Tú eres el Mesías, el Cristo. Esta es la confesión de fe que hacemos junto con Pedro. Pero también, lo mismo que Pedro, nuestras expectativas sobre el Mesías necesitan ser continuamente evangelizadas, porque nosotros predicamos un Cristo Crucificado, fuerza de Dios y sabiduría de Dios, escándalo para los judíos y necedad para los gentiles.
El terrible suplicio de la crucifixión despertaba en el mundo antiguo horror y espanto. Pasados los primeros siglos tras el escándalo de la cruz, el que era un instrumento de tortura, empieza a ser visto y venerado como signo de salvación, al interpretar la muerte de Jesús como misterio salvador. Con el paso del tiempo, en la cultura popular, cargar con la cruz se ha utilizado para referirse a todo aquello percibido como dolor, molestia o simple incomodidad. Pero si volvemos al Evangelio, cargar con la cruz significa asumir, de manera lúcida, como Jesús, las consecuencias dolorosas de una opción de vida marcada por la fidelidad y la entrega.
En el ámbito espiritual, quien se apasiona por una humanidad nueva asume de modo consciente la cruz, símbolo de la muerte del hombre viejo, del propio ego, que queda clavado -definitivamente entregado- en ella.
Tenemos miedo de ponernos en disposición de permitir que Jesús, el Cristo, transite nuestra vida, haga trizas nuestros planes y esclarezca que no somos quienes pensamos que somos. Cuando imaginamos que nos perdemos, es cuando nos encontramos. Con la pérdida de nuestros dioses pequeños y caseros, se nos abre la puerta a la trascendencia.
La vida es dramática. Una y otra vez ocurren situaciones dolorosas. El sufrimiento forma parte de la vida. No podemos escapar de él. La vida está jalonada de pérdidas que nos invitan al duelo. No podemos huir del duelo por las pérdidas. Nos cuesta aceptar el dolor del despojamiento, y con ello perdemos la ocasión de humanizarnos. Preferimos quedarnos estancados en los viejos patrones y perdemos con ello la oportunidad de arribar a un puerto de mayor anchura y libertad. La verdadera alegría adviene con el desasimiento. La angustia del morir es indisoluble de los dolores de parto del nuevo nacimiento, porque tienen que extinguirse viejos conceptos, viejas teorías, viejas formas de vida y cosmovisiones obsoletas. La muerte y el nacimiento son tan sólo las dos caras de la misma moneda. Nos vamos humanizando en la medida en que estamos dispuestos a aceptar que nuestra vida está sembrada de muertes y resurrecciones simultáneas.

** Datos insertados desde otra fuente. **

//! Tables put under the ids of their regions, and taken away.

ghost use Rattle.std.specs.Prelude.{◌≡◌, ◌≤◌, ◌+◌};
ghost use Rattle.raft_accessor.specs.Common.{LogQueue, live, table_of, live_of, with_table_deleted, IsCounted, table_in, IsInserted, IsTakenOut};

use crate::boxed_table::{BoxedTable, unbox_table};
use crate::region_tables::RegionTables;
use raft_base::Result;
use raft_table::{GlobalStats, MemTable};

impl RegionTables {
    /// Puts `table` under its region's id `id`, and counts its records in `stats`. Returns the table that it
    /// replaces, whose records are no longer counted, or `None` if there was none.
    ///
    /// # Errors
    ///
    /// `Full` if a queue would have more than 2^64 - 1 live records, those of the replaced table counted too;
    /// `Memory`. Tables and counts are unchanged then, and `table` is dropped.
    pub fn insert(
        &mut self,
        id: u64,
        table: MemTable,
        stats: &mut GlobalStats,
    ) -> Result<Option<MemTable>>
        requires region { table.region_id ≡ id }
        requires counted { IsCounted (table_in self.old id) stats.old }
        ensures { IsInserted id table self.old stats.old result self.new stats.new }
    {
        let table = BoxedTable::new(self.alloc, table)?;
        Ok(unbox_table(self.insert_boxed(id, table, stats)?))
    }

    /// Puts `table`, which is in a box, under its region's id `id`, and counts its records in `stats`.
    /// Returns the table that it replaces, whose records are no longer counted, or `None` if there was none.
    ///
    /// # Errors
    ///
    /// `Full` if a queue would have more than 2^64 - 1 live records, those of the replaced table counted too;
    /// `Memory`. Tables and counts are unchanged then, and `table` is dropped.
    pub(crate) fn insert_boxed(
        &mut self,
        id: u64,
        table: BoxedTable,
        stats: &mut GlobalStats,
    ) -> Result<Option<BoxedTable>>
        requires region { table.region_id ≡ id }
        requires counted { IsCounted (table_in self.old id) stats.old }
        ensures { IsInserted id table self.old stats.old result self.new stats.new }
    {
        self.tables.reserve(1)?;
        stats.add_table(table.get())?;
        match self.tables.insert(id, table) {
            Ok(replaced) => {
                subtract_removed_table(id, &replaced, stats);
                Ok(replaced)
            }
            Err(_) => unreachable!(),
        }
    }

    /// Removes the table of the region `id` and returns it, or `None` if there is none. Its records are
    /// subtracted from the live counts `stats`.
    pub fn remove(&mut self, id: u64, stats: &mut GlobalStats) -> Option<MemTable>
        requires { IsCounted (table_in self.old id) stats.old }
        ensures { IsTakenOut id result self.old stats.old self.new stats.new }
    {
        unbox_table(self.remove_boxed(id, stats))
    }

    /// Removes the table of the region `id` and returns it in its box, or `None` if there is none. Its
    /// records are subtracted from the live counts `stats`.
    pub(crate) fn remove_boxed(&mut self, id: u64, stats: &mut GlobalStats) -> Option<BoxedTable>
        requires { IsCounted (table_in self.old id) stats.old }
        ensures { IsTakenOut id result self.old stats.old self.new stats.new }
    {
        let removed = self.tables.remove(&id);
        subtract_removed_table(id, &removed, stats);
        removed
    }
}

/// Subtracts the records of `table`, which was removed from the region `id`, from the live counts `stats`.
/// Does nothing if there was no table.
fn subtract_removed_table(id: u64, table: &Option<BoxedTable>, stats: &mut GlobalStats)
    requires { (q : LogQueue) → live_of q (table_of id table.now) ≤ live q stats.old }
    ensures counts { stats.new ≡ with_table_deleted (table_of id table.now) stats.old }
    ensures live { (q : LogQueue) → live q stats.new + live_of q (table_of id table.now) ≡ live q
        stats.old }
{
    if let Some(table) = table {
        stats.delete_table(table.get());
    }
}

El Dios que se nos revela en Jesús, sólo desea mostrarnos toda la vida oculta de divinidad y de humanidad nueva que habita en nuestro corazón. En el Mesías Crucificado se nos regala la sabiduría, la grandeza y la misteriosa fuerza de Dios, el tesoro escondido, la perla preciosa que nos anima a poner la riqueza de nuestra vida al servicio del Reino de Dios. Pactamos con la muerte cuando nos aferramos a lo que tenemos, cuando queremos que todo nos satisfaga y nos haga sentir completamente en orden. Hablamos del miedo a la muerte, pero en realidad tendríamos que hablar del miedo a la vida, porque vivir es estar dispuesto a morir una y otra vez.
Cuando confrontamos nuestras fortalezas y posibilidades con las de Dios, rebasamos la frontera del misterio, descubrimos ‘lo más allá’ de Dios, su fuerza y su grandeza, que nos dispone a confiar la vida en sus manos. Lo que hace gestar el ser humano nuevo es la rendición y la entrega de nuestras fuerzas y de nuestra libertad en Dios.
Que en esta Eucaristía nos penetre el sentido evangélico de que cargar con la cruz significa asumir, con lucidez, como Jesús, las consecuencias del amor que no rehúsa exponerse al dolor y de la misericordia que nos acerca de corazón a la vida dramática y sufriente de los seres humanos.